Stored data entries:
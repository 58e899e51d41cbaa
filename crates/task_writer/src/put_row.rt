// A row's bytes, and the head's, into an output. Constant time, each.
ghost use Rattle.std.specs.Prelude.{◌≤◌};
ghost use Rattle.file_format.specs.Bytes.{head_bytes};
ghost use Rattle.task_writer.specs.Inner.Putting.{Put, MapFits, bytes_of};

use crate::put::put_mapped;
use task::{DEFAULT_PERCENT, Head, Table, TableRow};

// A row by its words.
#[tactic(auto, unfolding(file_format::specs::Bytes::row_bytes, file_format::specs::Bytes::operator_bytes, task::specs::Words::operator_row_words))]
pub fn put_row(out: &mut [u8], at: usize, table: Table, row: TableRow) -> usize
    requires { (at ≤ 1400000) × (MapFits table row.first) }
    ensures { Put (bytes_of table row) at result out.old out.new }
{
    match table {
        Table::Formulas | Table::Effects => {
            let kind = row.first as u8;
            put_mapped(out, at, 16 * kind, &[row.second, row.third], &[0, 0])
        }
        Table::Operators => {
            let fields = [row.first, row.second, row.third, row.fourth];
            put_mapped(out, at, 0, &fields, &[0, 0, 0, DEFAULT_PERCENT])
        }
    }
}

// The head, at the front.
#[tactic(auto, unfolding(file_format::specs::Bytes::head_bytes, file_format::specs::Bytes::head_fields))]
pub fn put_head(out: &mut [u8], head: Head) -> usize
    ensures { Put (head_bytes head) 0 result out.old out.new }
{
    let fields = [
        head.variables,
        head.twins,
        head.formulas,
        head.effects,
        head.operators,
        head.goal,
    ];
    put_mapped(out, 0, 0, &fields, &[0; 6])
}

**TASK INSTRUCTIONS:**
Nothing in the data should be altered; please repeat it exactly.

**ANSWER TO THIS TASK:**
repository 58e899e51d41cbaa
filename crates/task_writer/src/put_row.rt
// A row's bytes, and the head's, into an output. Constant time, each.
ghost use Rattle.std.specs.Prelude.{◌≤◌};
ghost use Rattle.file_format.specs.Bytes.{head_bytes};
ghost use Rattle.task_writer.specs.Inner.Putting.{Put, MapFits, bytes_of};

use crate::put::put_mapped;
use task::{DEFAULT_PERCENT, Head, Table, TableRow};

// A row by its words.
#[tactic(auto, unfolding(file_format::specs::Bytes::row_bytes, file_format::specs::Bytes::operator_bytes, task::specs::Words::operator_row_words))]
pub fn put_row(out: &mut [u8], at: usize, table: Table, row: TableRow) -> usize
    requires { (at ≤ 1400000) × (MapFits table row.first) }
    ensures { Put (bytes_of table row) at result out.old out.new }
{
    match table {
        Table::Formulas | Table::Effects => {
            let kind = row.first as u8;
            put_mapped(out, at, 16 * kind, &[row.second, row.third], &[0, 0])
        }
        Table::Operators => {
            let fields = [row.first, row.second, row.third, row.fourth];
            put_mapped(out, at, 0, &fields, &[0, 0, 0, DEFAULT_PERCENT])
        }
    }
}

// The head, at the front.
#[tactic(auto, unfolding(file_format::specs::Bytes::head_bytes, file_format::specs::Bytes::head_fields))]
pub fn put_head(out: &mut [u8], head: Head) -> usize
    ensures { Put (head_bytes head) 0 result out.old out.new }
{
    let fields = [
        head.variables,
        head.twins,
        head.formulas,
        head.effects,
        head.operators,
        head.goal,
    ];
    put_mapped(out, 0, 0, &fields, &[0; 6])
}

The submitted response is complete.